Items listed in a dataset:
##########
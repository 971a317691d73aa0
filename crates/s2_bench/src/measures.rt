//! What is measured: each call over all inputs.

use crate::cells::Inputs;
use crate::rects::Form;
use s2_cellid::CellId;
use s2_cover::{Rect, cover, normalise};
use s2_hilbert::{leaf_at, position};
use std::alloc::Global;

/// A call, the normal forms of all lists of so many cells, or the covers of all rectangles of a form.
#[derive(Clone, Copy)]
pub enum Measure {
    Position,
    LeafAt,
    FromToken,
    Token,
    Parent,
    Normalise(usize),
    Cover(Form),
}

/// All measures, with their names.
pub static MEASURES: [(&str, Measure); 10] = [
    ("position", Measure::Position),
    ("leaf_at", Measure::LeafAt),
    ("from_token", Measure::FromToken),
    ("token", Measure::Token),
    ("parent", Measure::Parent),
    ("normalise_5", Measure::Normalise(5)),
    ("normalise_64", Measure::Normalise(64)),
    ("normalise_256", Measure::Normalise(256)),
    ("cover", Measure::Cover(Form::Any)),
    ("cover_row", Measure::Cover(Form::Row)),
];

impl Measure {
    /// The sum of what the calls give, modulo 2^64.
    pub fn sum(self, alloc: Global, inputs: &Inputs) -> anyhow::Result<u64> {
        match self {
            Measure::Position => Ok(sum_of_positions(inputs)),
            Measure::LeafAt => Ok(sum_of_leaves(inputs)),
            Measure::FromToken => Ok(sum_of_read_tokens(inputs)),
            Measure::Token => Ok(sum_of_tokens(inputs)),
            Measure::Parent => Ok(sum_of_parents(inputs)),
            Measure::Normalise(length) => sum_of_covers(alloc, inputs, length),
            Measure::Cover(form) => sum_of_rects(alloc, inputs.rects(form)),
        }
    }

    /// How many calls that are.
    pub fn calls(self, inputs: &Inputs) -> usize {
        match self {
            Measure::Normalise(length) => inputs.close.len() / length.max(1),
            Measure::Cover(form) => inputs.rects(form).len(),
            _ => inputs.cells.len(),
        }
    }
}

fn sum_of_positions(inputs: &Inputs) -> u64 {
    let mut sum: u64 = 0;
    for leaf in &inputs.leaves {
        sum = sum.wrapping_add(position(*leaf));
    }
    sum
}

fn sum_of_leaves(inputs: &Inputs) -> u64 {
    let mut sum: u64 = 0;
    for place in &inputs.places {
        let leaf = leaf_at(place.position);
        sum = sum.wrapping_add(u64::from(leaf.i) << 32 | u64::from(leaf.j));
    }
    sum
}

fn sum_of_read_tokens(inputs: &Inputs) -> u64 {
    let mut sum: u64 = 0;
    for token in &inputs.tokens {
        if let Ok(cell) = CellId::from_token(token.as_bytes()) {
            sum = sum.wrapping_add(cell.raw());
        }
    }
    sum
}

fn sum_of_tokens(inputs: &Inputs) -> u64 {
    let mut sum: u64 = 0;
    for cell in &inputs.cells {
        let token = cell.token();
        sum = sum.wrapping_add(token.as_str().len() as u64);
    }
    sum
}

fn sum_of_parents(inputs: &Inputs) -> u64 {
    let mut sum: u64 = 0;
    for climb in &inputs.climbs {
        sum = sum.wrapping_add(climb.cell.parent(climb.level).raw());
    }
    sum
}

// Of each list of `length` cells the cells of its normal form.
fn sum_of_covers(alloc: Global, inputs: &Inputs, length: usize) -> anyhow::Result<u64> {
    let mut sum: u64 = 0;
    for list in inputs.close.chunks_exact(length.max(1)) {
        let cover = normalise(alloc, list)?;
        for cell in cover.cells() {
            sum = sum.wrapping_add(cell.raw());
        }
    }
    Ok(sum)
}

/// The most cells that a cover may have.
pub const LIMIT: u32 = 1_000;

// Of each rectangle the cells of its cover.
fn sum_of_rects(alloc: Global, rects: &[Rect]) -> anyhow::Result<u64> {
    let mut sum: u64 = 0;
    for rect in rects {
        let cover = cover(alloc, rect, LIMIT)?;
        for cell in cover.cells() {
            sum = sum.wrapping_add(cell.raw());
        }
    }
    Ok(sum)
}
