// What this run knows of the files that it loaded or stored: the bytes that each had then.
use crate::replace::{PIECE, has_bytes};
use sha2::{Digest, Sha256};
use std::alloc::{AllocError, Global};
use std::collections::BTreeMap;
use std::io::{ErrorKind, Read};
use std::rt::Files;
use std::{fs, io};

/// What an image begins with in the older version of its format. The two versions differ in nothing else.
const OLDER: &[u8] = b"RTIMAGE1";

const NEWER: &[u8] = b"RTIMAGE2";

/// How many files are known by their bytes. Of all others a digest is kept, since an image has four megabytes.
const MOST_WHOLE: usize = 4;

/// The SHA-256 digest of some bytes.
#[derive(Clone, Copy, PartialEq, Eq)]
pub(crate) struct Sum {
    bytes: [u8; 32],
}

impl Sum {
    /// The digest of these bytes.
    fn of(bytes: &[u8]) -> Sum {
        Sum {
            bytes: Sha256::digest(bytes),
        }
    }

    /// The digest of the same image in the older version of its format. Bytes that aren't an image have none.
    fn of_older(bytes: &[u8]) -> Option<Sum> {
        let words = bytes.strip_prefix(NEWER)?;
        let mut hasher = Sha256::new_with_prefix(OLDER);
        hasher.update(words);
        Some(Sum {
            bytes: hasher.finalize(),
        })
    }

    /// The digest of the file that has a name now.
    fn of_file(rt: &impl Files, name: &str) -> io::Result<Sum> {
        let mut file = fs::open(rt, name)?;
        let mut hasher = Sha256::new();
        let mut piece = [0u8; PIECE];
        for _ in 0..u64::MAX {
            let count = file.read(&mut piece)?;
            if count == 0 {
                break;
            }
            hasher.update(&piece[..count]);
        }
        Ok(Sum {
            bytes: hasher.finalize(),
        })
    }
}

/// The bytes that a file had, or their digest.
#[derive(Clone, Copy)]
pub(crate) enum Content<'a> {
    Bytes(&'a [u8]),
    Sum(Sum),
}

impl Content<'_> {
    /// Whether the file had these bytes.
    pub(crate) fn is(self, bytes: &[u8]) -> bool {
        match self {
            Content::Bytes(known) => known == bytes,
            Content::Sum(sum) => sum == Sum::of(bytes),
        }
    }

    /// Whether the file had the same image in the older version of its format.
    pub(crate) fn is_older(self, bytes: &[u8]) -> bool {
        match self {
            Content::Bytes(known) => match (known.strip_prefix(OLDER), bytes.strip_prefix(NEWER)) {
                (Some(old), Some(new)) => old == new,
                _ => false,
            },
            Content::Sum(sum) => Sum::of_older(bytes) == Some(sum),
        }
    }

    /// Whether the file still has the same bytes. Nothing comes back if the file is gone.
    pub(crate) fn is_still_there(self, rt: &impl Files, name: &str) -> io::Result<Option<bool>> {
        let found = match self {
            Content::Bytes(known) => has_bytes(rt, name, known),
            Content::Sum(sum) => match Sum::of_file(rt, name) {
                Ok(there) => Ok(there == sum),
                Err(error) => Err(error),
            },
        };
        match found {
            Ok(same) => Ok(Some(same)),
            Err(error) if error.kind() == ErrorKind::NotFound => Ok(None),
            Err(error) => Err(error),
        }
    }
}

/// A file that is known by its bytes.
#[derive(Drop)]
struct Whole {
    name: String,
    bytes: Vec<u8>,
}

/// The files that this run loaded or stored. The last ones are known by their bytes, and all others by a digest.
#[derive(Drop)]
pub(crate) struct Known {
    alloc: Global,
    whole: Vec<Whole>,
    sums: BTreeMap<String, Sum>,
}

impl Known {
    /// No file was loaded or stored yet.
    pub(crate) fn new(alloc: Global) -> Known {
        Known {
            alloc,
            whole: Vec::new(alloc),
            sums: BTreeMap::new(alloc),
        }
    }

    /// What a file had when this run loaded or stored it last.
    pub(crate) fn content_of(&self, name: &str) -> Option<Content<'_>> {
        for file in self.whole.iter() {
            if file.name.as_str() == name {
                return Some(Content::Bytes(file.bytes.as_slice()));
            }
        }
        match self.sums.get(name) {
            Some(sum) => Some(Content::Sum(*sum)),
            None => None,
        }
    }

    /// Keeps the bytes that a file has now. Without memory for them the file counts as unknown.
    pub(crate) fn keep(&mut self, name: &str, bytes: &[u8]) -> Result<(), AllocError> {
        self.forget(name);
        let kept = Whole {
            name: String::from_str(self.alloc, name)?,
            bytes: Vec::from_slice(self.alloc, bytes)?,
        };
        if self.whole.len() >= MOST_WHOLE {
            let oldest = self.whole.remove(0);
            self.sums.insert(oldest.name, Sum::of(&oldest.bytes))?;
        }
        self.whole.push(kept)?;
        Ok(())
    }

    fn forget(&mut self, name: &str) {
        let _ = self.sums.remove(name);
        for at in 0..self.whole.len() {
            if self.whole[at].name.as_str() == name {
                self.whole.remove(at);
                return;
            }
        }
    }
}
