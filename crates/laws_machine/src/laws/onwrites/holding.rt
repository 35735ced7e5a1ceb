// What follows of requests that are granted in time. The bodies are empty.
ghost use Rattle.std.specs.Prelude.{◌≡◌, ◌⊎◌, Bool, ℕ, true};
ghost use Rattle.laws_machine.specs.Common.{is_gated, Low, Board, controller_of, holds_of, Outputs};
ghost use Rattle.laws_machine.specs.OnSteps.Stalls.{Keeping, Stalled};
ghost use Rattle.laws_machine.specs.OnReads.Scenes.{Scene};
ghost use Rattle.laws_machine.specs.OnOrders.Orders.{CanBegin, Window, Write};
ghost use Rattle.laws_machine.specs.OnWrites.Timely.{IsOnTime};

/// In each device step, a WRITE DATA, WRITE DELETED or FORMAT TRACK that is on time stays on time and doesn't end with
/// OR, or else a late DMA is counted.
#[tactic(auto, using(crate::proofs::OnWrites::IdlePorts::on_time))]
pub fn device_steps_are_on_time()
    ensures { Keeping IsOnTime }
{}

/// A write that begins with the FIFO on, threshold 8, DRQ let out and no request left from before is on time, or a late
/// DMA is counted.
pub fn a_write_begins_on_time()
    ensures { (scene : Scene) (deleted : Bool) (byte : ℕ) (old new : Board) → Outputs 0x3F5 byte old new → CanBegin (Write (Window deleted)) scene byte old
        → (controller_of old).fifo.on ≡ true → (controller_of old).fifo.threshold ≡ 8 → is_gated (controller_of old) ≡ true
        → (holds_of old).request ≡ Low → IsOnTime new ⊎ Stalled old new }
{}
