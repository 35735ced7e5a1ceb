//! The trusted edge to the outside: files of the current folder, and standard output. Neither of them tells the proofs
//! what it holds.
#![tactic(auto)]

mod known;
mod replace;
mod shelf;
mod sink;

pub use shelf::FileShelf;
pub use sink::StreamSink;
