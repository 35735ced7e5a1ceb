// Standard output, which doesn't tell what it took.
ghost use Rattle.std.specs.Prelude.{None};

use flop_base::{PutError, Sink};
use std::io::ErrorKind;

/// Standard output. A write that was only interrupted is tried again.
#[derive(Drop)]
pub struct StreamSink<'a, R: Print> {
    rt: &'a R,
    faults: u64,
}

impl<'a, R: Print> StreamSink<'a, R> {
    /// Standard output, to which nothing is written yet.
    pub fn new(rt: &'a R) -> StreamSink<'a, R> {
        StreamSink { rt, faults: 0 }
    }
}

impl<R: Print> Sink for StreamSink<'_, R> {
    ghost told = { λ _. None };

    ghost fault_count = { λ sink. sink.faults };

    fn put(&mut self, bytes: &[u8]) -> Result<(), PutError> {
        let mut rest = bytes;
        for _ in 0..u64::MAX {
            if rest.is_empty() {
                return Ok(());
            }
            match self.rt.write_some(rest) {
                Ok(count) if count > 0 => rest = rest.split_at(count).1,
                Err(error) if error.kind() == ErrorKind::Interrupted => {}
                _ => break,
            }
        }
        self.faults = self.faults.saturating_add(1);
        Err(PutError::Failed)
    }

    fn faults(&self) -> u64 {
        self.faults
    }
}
##########
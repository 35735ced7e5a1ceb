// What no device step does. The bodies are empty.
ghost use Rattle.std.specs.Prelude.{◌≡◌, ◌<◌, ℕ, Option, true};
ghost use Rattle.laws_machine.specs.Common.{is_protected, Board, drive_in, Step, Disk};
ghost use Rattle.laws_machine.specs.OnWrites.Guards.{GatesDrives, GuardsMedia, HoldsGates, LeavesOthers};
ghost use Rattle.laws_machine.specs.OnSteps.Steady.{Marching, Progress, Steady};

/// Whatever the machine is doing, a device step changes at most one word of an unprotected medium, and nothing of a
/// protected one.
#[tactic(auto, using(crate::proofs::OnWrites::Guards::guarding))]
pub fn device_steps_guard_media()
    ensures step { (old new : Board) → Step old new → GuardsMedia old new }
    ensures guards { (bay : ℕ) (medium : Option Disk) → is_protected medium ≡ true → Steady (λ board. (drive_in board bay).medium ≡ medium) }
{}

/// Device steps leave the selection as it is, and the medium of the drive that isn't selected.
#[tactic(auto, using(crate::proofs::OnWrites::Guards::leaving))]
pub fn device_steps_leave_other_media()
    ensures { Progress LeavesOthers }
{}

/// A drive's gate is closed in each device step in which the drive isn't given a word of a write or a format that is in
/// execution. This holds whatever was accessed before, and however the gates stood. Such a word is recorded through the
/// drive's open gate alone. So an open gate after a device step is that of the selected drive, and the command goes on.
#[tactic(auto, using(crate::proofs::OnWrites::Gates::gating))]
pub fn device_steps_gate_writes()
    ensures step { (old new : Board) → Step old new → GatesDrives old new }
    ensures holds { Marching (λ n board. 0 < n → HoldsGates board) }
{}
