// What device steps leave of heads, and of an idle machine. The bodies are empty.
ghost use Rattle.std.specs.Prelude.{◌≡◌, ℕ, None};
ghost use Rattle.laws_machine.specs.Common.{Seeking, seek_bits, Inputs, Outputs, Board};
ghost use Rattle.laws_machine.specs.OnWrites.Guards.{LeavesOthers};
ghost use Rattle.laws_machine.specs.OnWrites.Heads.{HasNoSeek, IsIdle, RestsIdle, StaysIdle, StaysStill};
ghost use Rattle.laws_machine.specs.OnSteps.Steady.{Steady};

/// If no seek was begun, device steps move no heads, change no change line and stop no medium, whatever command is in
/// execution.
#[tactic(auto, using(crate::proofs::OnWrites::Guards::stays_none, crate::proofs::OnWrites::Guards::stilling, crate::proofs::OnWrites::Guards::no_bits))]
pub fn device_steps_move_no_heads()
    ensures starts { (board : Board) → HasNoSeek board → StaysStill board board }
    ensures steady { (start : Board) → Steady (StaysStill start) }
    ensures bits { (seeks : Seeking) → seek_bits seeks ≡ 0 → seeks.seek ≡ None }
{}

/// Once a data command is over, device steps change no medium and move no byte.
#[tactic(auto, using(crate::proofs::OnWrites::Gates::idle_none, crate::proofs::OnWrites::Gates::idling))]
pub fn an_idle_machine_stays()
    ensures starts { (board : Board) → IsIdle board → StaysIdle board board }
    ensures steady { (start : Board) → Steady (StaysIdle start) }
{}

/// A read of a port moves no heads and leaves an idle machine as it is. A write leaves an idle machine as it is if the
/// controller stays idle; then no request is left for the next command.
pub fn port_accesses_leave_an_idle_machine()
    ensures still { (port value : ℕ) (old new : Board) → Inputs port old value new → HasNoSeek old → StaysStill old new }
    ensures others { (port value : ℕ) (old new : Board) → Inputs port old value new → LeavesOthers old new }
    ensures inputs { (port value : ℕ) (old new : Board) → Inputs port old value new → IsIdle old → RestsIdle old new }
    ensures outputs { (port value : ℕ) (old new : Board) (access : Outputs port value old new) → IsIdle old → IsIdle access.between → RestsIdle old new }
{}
##########
Task requirements: Find the word "these" in the data and copy out each line where it turns up.

Completed exercise:
    /// The digest of these bytes.
    /// Whether the file had these bytes.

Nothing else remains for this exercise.